Álvaro se acerca, se coloca de rodillas a mi lado y, sin avisar, comienza a besarme el cuello, bajando lentamente hasta mi pecho, donde succiona y muerde suavemente mis pezones. Sus manos recorren mis flancos, bajan a mis muslos y aprietan mis glúteos, provocando que mi erección se torne aún más dura.
El clímax llega en una cadena: primero Lucía, con un grito ahogado que se corta cuando su cuerpo se contrae en un orgasmo intenso, sus vaginales apretándose alrededor de mi lengua mientras yo todavía lamgo su clítoris; luego Mara, quien, al sentir el temblor de Lucía, aumenta la velocidad de su dedo y llega a un orgasmo que le hace temblar las piernas y caer sobre la espalda de Lucía; Álvaro, excitado por el espectáculo, eyacula sobre mi pecho, su semen tibio manchando mis tatuajes; y yo, incapaz de contener más, libero mi carga dentro de la boca de Lucía, quien traga cada gota mientras sus ojos permanecen fijos en los míos, llenos de una mezcla de satisfacción y deseo de más.
Nos quedamos allí, sudorosos, jadeando, el silencio roto solo por nuestras respiraciones entrecortadas y el leve crujido de la cama bajo nuestros cuerpos entrelazados.
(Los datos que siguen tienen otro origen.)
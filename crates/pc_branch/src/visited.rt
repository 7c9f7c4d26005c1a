use pc_model::Mult;

/// What the relaxation of a box says of it: nothing is in it, its greatest point is whole, or it is not at a cell whose
/// count, rounded down, is `at`; or the steps ended in no point.
#[derive(Clone, Copy, Debug, PartialEq, Eq)]
pub(crate) enum Known {
    Nothing,
    Whole,
    Parted { cell: u32, at: u64 },
    Stuck,
}

/// A node of a search: what is known of its box, the multipliers that a leaf there shows, and the bound that they
/// prove. Where the steps ended in no point, both are those of its parent; where nothing is in the box, there is no bound.
#[derive(Debug, Drop)]
pub(crate) struct Visited {
    pub known: Known,
    pub mult: Mult,
    pub bound: i128,
}
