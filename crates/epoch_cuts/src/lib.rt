//! Cuts: the checkpoint of what a machine changed since its last settle, and of all that it holds.
#![tactic(auto)]

mod cut;
mod memory;
mod sectors;

pub use cut::{cut_delta, cut_full};
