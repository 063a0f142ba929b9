//! Cuts: the checkpoint of what a machine changed, and the one of all that it holds.
ghost use Rattle.std.specs.Prelude.{◌≡◌, ◌*◌, ◌^◌, ◌<◌, ◌≤◌, IfOk, [], length, replicate, nat_le, if◌then◌else◌};
ghost use Rattle.guest_rules.specs.Guest.{Guest, sector_count};
ghost use Rattle.epoch_snapshot.specs.Bases.{IsBase, IsCheckpointOver};
ghost use Rattle.epoch_snapshot.specs.Cuts.{used_sectors};
ghost use Rattle.epoch_snapshot.specs.Images.{image_of};

use crate::memory::{Over, push_pages};
use crate::sectors::{push_used, push_written};
use epoch_snapshot::Checkpoint;
use frame_list::FrameList;
use guest_machine::Machine;
use memory_wanted::{MemoryWanted, with_capacity};
use std::alloc::Global;

/// The form in which cuts are written.
const VERSION: u32 = 2;

/// The blocks of a page for which a list begins with room.
const FIRST_PAGE_BLOCKS: usize = 16;

/// For how many pages at most.
const FIRST_PAGES: usize = 64;

/// The blocks for which a list begins with room, where so many pages may change: 16 each, for 64 of them at most. In most epochs that is
/// enough.
fn first_blocks(pages: usize) -> usize
    ensures { result ≡ 16 * (if nat_le pages 64 then pages else 64) }
{
    FIRST_PAGE_BLOCKS * pages.min(FIRST_PAGES)
}

/// The checkpoint of what the machine changed since its last settle: the pages and blocks that differ, the sectors written since, and
/// the frames in its outbox. It is of version 2. Over each guest with the memory of that settle and the machine's other sectors it makes
/// the machine's guest.
///
/// The generation and the number are 1 to 2^62 - 1, as the caller knows. The machine stays as it is; the caller settles it once
/// the checkpoint is stored.
///
/// # Errors
/// The growth that was really refused.
pub fn cut_delta(
    alloc: Global,
    machine: &Machine,
    generation: u64,
    number: u64,
) -> Result<Checkpoint, MemoryWanted>
    requires first_generation { 1 ≤ generation }
    requires last_generation { generation < 2 ^ 62 }
    requires first_number { 1 ≤ number }
    requires last_number { number < 2 ^ 62 }
    ensures image { IfOk result (λ c. (base : Guest) → IsBase machine.now base → image_of c base ≡ machine.now.guest) }
    ensures parts { IfOk result (IsCheckpointOver machine.now.settled machine.now.dirty machine.now.outbox machine.now generation number) }
{
    let shape = machine.shape();
    // The blocks come last, so that nothing lies behind them where their list has to grow.
    let mut pages = with_capacity(alloc, machine.dirty_count())?;
    let mut sectors = with_capacity(alloc, machine.dirty_sectors().len())?;
    let frames = FrameList::copies(alloc, machine.outbox())?;
    let mut blocks = with_capacity(alloc, first_blocks(machine.dirty_count()))?;
    push_pages(machine, Over::Settled, shape.pages, &mut pages, &mut blocks)?;
    push_written(machine, &mut sectors);
    Ok(Checkpoint::from_parts(
        VERSION,
        shape,
        generation,
        number,
        machine.state(),
        pages,
        blocks,
        sectors,
        frames,
    ))
}

/// The checkpoint of all that the machine holds, number 0 of its generation: the pages and blocks that aren't all zero, and the
/// sectors that aren't. It is of version 2 and carries no frames. It stands for itself: over any guest it makes the machine's.
///
/// The generation is 1 to 2^62 - 1, as the caller knows. The machine stays as it is.
///
/// # Errors
/// The growth that was really refused.
pub fn cut_full(
    alloc: Global,
    machine: &Machine,
    generation: u64,
) -> Result<Checkpoint, MemoryWanted>
    requires first_generation { 1 ≤ generation }
    requires last_generation { generation < 2 ^ 62 }
    ensures image { IfOk result (λ c. (base : Guest) → image_of c base ≡ machine.now.guest) }
    ensures parts { IfOk result (IsCheckpointOver (replicate (length machine.now.guest.ram) 0)
        (used_sectors machine.now.guest.sectors (sector_count machine.now.guest.sectors)) [] machine.now generation 0) }
{
    let shape = machine.shape();
    // The blocks come last here too, but for the sectors, which are put in once the blocks are there.
    let mut pages = with_capacity(alloc, shape.pages as usize)?;
    let mut blocks = with_capacity(alloc, first_blocks(shape.pages as usize))?;
    let mut sectors = Vec::new(alloc);
    let frames = FrameList::new(alloc);
    push_pages(machine, Over::Zero, shape.pages, &mut pages, &mut blocks)?;
    push_used(machine, shape.sectors, &mut sectors)?;
    Ok(Checkpoint::from_parts(
        VERSION,
        shape,
        generation,
        0,
        machine.state(),
        pages,
        blocks,
        sectors,
        frames,
    ))
}
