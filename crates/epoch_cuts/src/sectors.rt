//! What a cut records of the disk.
ghost use Rattle.std.specs.Prelude.{◌≡◌, ◌+◌, ◌*◌, ◌≤◌, length, [], vec_capacity, OnOk};
ghost use Rattle.epoch_snapshot.specs.Cuts.{sector_change, changed_sectors, used_sectors};

use epoch_snapshot::SectorChange;
use guest_machine::Machine;
use memory_wanted::{MemoryWanted, push};

/// A sector with its bytes.
fn record(machine: &Machine, sector: u32) -> SectorChange
    requires { 512 * sector + 512 ≤ length machine.now.guest.sectors }
    ensures { result ≡ sector_change machine.now.guest.sectors sector }
{
    SectorChange {
        sector,
        bytes: *machine.sector(sector),
    }
}

/// Puts the sectors that were written since the last settle into an empty list that has room for them.
pub(crate) fn push_written(machine: &Machine, list: &mut Vec<SectorChange>)
    requires empty { list.old.items ≡ [] }
    requires room { length machine.now.dirty ≤ vec_capacity list.old }
    ensures { list.new.items ≡ changed_sectors machine.now.guest.sectors machine.now.dirty }
{
    for sector in machine.dirty_sectors() {
        list.push_reserved(record(machine, *sector));
    }
}

/// Puts those of the first `count` sectors that aren't all zero into an empty list.
pub(crate) fn push_used(
    machine: &Machine,
    count: u32,
    list: &mut Vec<SectorChange>,
) -> Result<(), MemoryWanted>
    requires size { 512 * count ≤ length machine.now.guest.sectors }
    requires empty { list.old.items ≡ [] }
    ensures { OnOk result (list.new.items ≡ changed_sectors machine.now.guest.sectors (used_sectors machine.now.guest.sectors count)) }
{
    for sector in 0..count {
        if !machine.blank(sector) {
            push(list, record(machine, sector))?;
        }
    }
    Ok(())
}
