//! What a cut records of memory.
ghost use Rattle.std.specs.Prelude.{◌≡◌, ◌+◌, ◌*◌, ◌<◌, ◌≤◌, false, length, [], ◌∷◌, ◌++◌, map, replicate, vec_capacity, OnOk};
ghost use Rattle.guest_rules.specs.Limits.{page_bytes};
ghost use Rattle.epoch_snapshot.specs.Blocks.{IsPageIn, set_blocks, xored, block_in, changed_mask};
ghost use Rattle.epoch_snapshot.specs.Cuts.{changed_pages, changed_blocks};
ghost use Rattle.epoch_cuts.specs.Over.{old_ram};

use epoch_snapshot::{BLOCK_BYTES, Block, PageChange};
use guest_machine::Machine;
use memory_wanted::{MemoryWanted, push, reserve};
use page_lanes::{PAGE_SIZE, Page, mask, xor_blocks};

/// Where at most so many pages were written, the next of them is found in their list, and else by the flags of all pages.
const FEW_WRITTEN: usize = 16;

/// How many pages are passed over in one go where none of them was written.
const GROUP_PAGES: u32 = 256;

/// The same where some page of such a group was written.
const FEW_PAGES: u32 = 16;

/// A page of zeros.
static ZERO_PAGE: Page = [0; PAGE_SIZE];

/// What a checkpoint is cut over.
#[derive(Clone, Copy)]
pub(crate) enum Over {
    /// The machine at its last settle: the checkpoint is a delta.
    Settled,
    /// A machine that is all zero: the checkpoint is full.
    Zero,
}

/// A page of what the checkpoint is cut over.
fn old_page(machine: &Machine, over: Over, page: u32) -> &Page
    requires { page_bytes * page + page_bytes ≤ length machine.now.guest.ram }
    ensures { IsPageIn (old_ram over machine.now) page result.now }
{
    match over {
        Over::Settled => machine.original(page),
        Over::Zero => &ZERO_PAGE,
    }
}

/// Which blocks of a page change.
fn page_mask(machine: &Machine, over: Over, page: u32) -> u64
    requires { page_bytes * page + page_bytes ≤ length machine.now.guest.ram }
    ensures { result ≡ changed_mask (old_ram over machine.now) machine.now.guest.ram page }
{
    mask(old_page(machine, over, page), machine.page(page))
}

/// Whether one of the pages from `from` up to `end` was written since the last settle. It looks at each, so that several are looked
/// at in one go.
fn some_written(machine: &Machine, from: u32, end: u32) -> bool
    requires ordered { from ≤ end }
    requires size { page_bytes * end ≤ length machine.now.guest.ram }
    ensures { result ≡ false →
        changed_pages machine.now.settled machine.now.guest.ram end ≡ changed_pages machine.now.settled machine.now.guest.ram from }
{
    let mut some = false;
    for page in from..end {
        some |= machine.dirty(page);
    }
    some
}

/// A page after `from`, or `pages`, such that none from `from` up to it was written since the last settle. `from` wasn't, as the caller
/// knows.
fn end_of_unwritten(machine: &Machine, from: u32, pages: u32) -> u32
    requires some { from < pages }
    requires size { page_bytes * pages ≤ length machine.now.guest.ram }
    requires here { changed_pages machine.now.settled machine.now.guest.ram (from + 1) ≡
        changed_pages machine.now.settled machine.now.guest.ram from }
    ensures first { from < result }
    ensures last { result ≤ pages }
    ensures same { changed_pages machine.now.settled machine.now.guest.ram result ≡
        changed_pages machine.now.settled machine.now.guest.ram from }
{
    let left = pages - from;
    if from % GROUP_PAGES == 0
        && left >= GROUP_PAGES
        && !some_written(machine, from, from + GROUP_PAGES)
    {
        from + GROUP_PAGES
    } else if from % FEW_PAGES == 0
        && left >= FEW_PAGES
        && !some_written(machine, from, from + FEW_PAGES)
    {
        from + FEW_PAGES
    } else {
        from + 1
    }
}

/// The first page from `from` on that was written since the last settle, or `pages` where none of the first `pages` was.
fn next_written(machine: &Machine, from: u32, pages: u32) -> u32
    requires ordered { from ≤ pages }
    requires size { page_bytes * pages ≤ length machine.now.guest.ram }
    ensures first { from ≤ result }
    ensures last { result ≤ pages }
    ensures same { changed_pages machine.now.settled machine.now.guest.ram result ≡
        changed_pages machine.now.settled machine.now.guest.ram from }
{
    let mut page = from;
    while page < pages && !machine.dirty(page) {
        page = end_of_unwritten(machine, page, pages);
    }
    page
}

/// The same, found in the list of the pages that were written.
fn next_listed(machine: &Machine, from: u32, pages: u32) -> u32
    requires ordered { from ≤ pages }
    requires size { page_bytes * pages ≤ length machine.now.guest.ram }
    ensures first { from ≤ result }
    ensures last { result ≤ pages }
    ensures same { changed_pages machine.now.settled machine.now.guest.ram result ≡
        changed_pages machine.now.settled machine.now.guest.ram from }
{
    machine.next_dirty(from).min(pages)
}

/// The same, by whichever of both takes less time.
fn next_of_written(machine: &Machine, from: u32, pages: u32) -> u32
    requires ordered { from ≤ pages }
    requires size { page_bytes * pages ≤ length machine.now.guest.ram }
    ensures first { from ≤ result }
    ensures last { result ≤ pages }
    ensures same { changed_pages machine.now.settled machine.now.guest.ram result ≡
        changed_pages machine.now.settled machine.now.guest.ram from }
{
    if machine.dirty_count() <= FEW_WRITTEN {
        next_listed(machine, from, pages)
    } else {
        next_written(machine, from, pages)
    }
}

/// The first page from `from` on that isn't all zero, or `pages` where each of the first `pages` is.
fn next_nonzero(machine: &Machine, from: u32, pages: u32) -> u32
    requires ordered { from ≤ pages }
    requires size { page_bytes * pages ≤ length machine.now.guest.ram }
    ensures first { from ≤ result }
    ensures last { result ≤ pages }
    ensures same { let zero = replicate (length machine.now.guest.ram) 0 in
        changed_pages zero machine.now.guest.ram result ≡ changed_pages zero machine.now.guest.ram from }
{
    let mut page = from;
    while page < pages && machine.is_zero(page) {
        page += 1;
    }
    page
}

/// A page from `from` on such that none before it changes, or `pages` where none of the first `pages` does.
fn next_page(machine: &Machine, over: Over, from: u32, pages: u32) -> u32
    requires ordered { from ≤ pages }
    requires size { page_bytes * pages ≤ length machine.now.guest.ram }
    ensures first { from ≤ result }
    ensures last { result ≤ pages }
    ensures same { changed_pages (old_ram over machine.now) machine.now.guest.ram result ≡
        changed_pages (old_ram over machine.now) machine.now.guest.ram from }
{
    match over {
        Over::Settled => next_of_written(machine, from, pages),
        Over::Zero => next_nonzero(machine, from, pages),
    }
}

/// A block of a page.
fn block(page: &Page, number: u32) -> &Block
    requires { number < 64 }
    ensures { result.now ≡ block_in page.now number }
{
    let start = BLOCK_BYTES * number as usize;
    let Ok(block) = <&Block>::try_from(&page[start..start + BLOCK_BYTES]) else {
        unreachable!()
    };
    block
}

/// Puts the blocks that a mask names last into a list that has room for them, the old XOR the new.
fn push_page_blocks(old: &Page, new: &Page, mask: u64, list: &mut Vec<Block>)
    requires { length list.old.items + length (set_blocks mask) ≤ vec_capacity list.old }
    ensures items { list.new.items ≡ list.old.items ++ map (λ i. xored (block_in old.now i) (block_in new.now i)) (set_blocks mask) }
    ensures capacity { vec_capacity list.new ≡ vec_capacity list.old }
{
    // The bits of the mask from block `next` on; those below it are done.
    let mut rest = mask;
    let mut next = 0;
    while rest != 0 {
        let number = next + rest.trailing_zeros();
        list.push_reserved(xor_blocks(block(old, number), block(new, number)));
        next = number + 1;
        rest = mask >> number >> 1;
    }
}

/// Puts a page last into two lists: the page with its mask, and the blocks that the mask names, the old XOR the new. After an error the
/// lists hold what they held, and maybe the page.
fn push_page(
    machine: &Machine,
    over: Over,
    change: PageChange,
    pages: &mut Vec<PageChange>,
    blocks: &mut Vec<Block>,
) -> Result<(), MemoryWanted>
    requires { page_bytes * change.page + page_bytes ≤ length machine.now.guest.ram }
    ensures pages { OnOk result (pages.new.items ≡ pages.old.items ++ change ∷ []) }
    ensures blocks { OnOk result (blocks.new.items
        ≡ blocks.old.items ++ changed_blocks (old_ram over machine.now) machine.now.guest.ram (change ∷ [])) }
{
    push(pages, change)?;
    reserve(blocks, change.mask.count_ones() as usize)?;
    push_page_blocks(
        old_page(machine, over, change.page),
        machine.page(change.page),
        change.mask,
        blocks,
    );
    Ok(())
}

/// Puts those of the first `count` pages that change into two empty lists: each with the mask of its blocks that do, and these blocks, the
/// old XOR the new. After an error the lists hold some of them.
pub(crate) fn push_pages(
    machine: &Machine,
    over: Over,
    count: u32,
    pages: &mut Vec<PageChange>,
    blocks: &mut Vec<Block>,
) -> Result<(), MemoryWanted>
    requires size { page_bytes * count ≤ length machine.now.guest.ram }
    requires no_pages { pages.old.items ≡ [] }
    requires no_blocks { blocks.old.items ≡ [] }
    ensures pages { OnOk result (pages.new.items ≡ changed_pages (old_ram over machine.now) machine.now.guest.ram count) }
    ensures blocks { OnOk result (blocks.new.items ≡ changed_blocks (old_ram over machine.now) machine.now.guest.ram
        (changed_pages (old_ram over machine.now) machine.now.guest.ram count)) }
{
    let mut page = next_page(machine, over, 0, count);
    while page < count {
        let mask = page_mask(machine, over, page);
        if mask != 0 {
            push_page(machine, over, PageChange { page, mask }, pages, blocks)?;
        }
        page = next_page(machine, over, page + 1, count);
    }
    Ok(())
}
El espejo refleja una escena de piel brillante, cabello desordenado y expresiones de éxtasis que no olvidaremos.
Después
Nos vestimos lentamente, la ropa pegada a la piel sudada. Lucía se vuelve a poner su vestido, aunque ahora con la bragueta ligeramente desplazada, y yo me pongo los vaqueros y la camisa, intentando no notar la húmeda mancha en el pecho donde Álvaro eyaculó. Mara y Álvaro se despiden con besos en la mejilla y promesas de volver a encontrarnos, sus miradas cargadas de complicidad.
En el ascensor de regreso a la calle, Lucía se apoya contra mí, su cabeza en mi hombro, y susurra: “Eso fue… increíble.” Yo solo puedo asintir, sintiendo todavía el latido acelerado de mi corazón y el recuerdo de sus labios alrededor de mi polla.
Caminamos de vuelta a casa bajo la luz tenue de las farolas, el mar distante susurrando su ritmo constante. El aire de la noche es fresco, pero nuestros cuerpos todavía irradian calor. Al entrar al piso, apagamos la luz de la entrada y nos dirigimos directamente al baño para una ducha compartida. El agua cae tibia sobre nuestra piel, lavando el sudor, el lubricante y los restos de la noche.
Mientras nos enjabonamos mutuamente, Lucía me mira y dice, con una sonrisa que mezcla timidez y audacia: “¿Te gustaría volver a hacerlo?” Yo respondo sin vacilar: “Sí. Pero solo si tú también quieres.” Ella se acerca, sus labios rozando los míos, y su mano desliza hasta mi miembro, ya empezando a responder nuevamente.
Nos secamos, nos metemos en la cama y, sin palabras, nos abrazamos fuerte. El silencio de la habitación ahora es diferente: no es el vacío de la rutina, sino el eco palpable de una experiencia que ha abierto una puerta. Lucía acomoda su cabeza sobre mi pecho, escuchando mi latido, y yo paso mis dedos por su cabello, pensando en cuántas mañanas más vendrán con este nuevo sabor entre nosotros.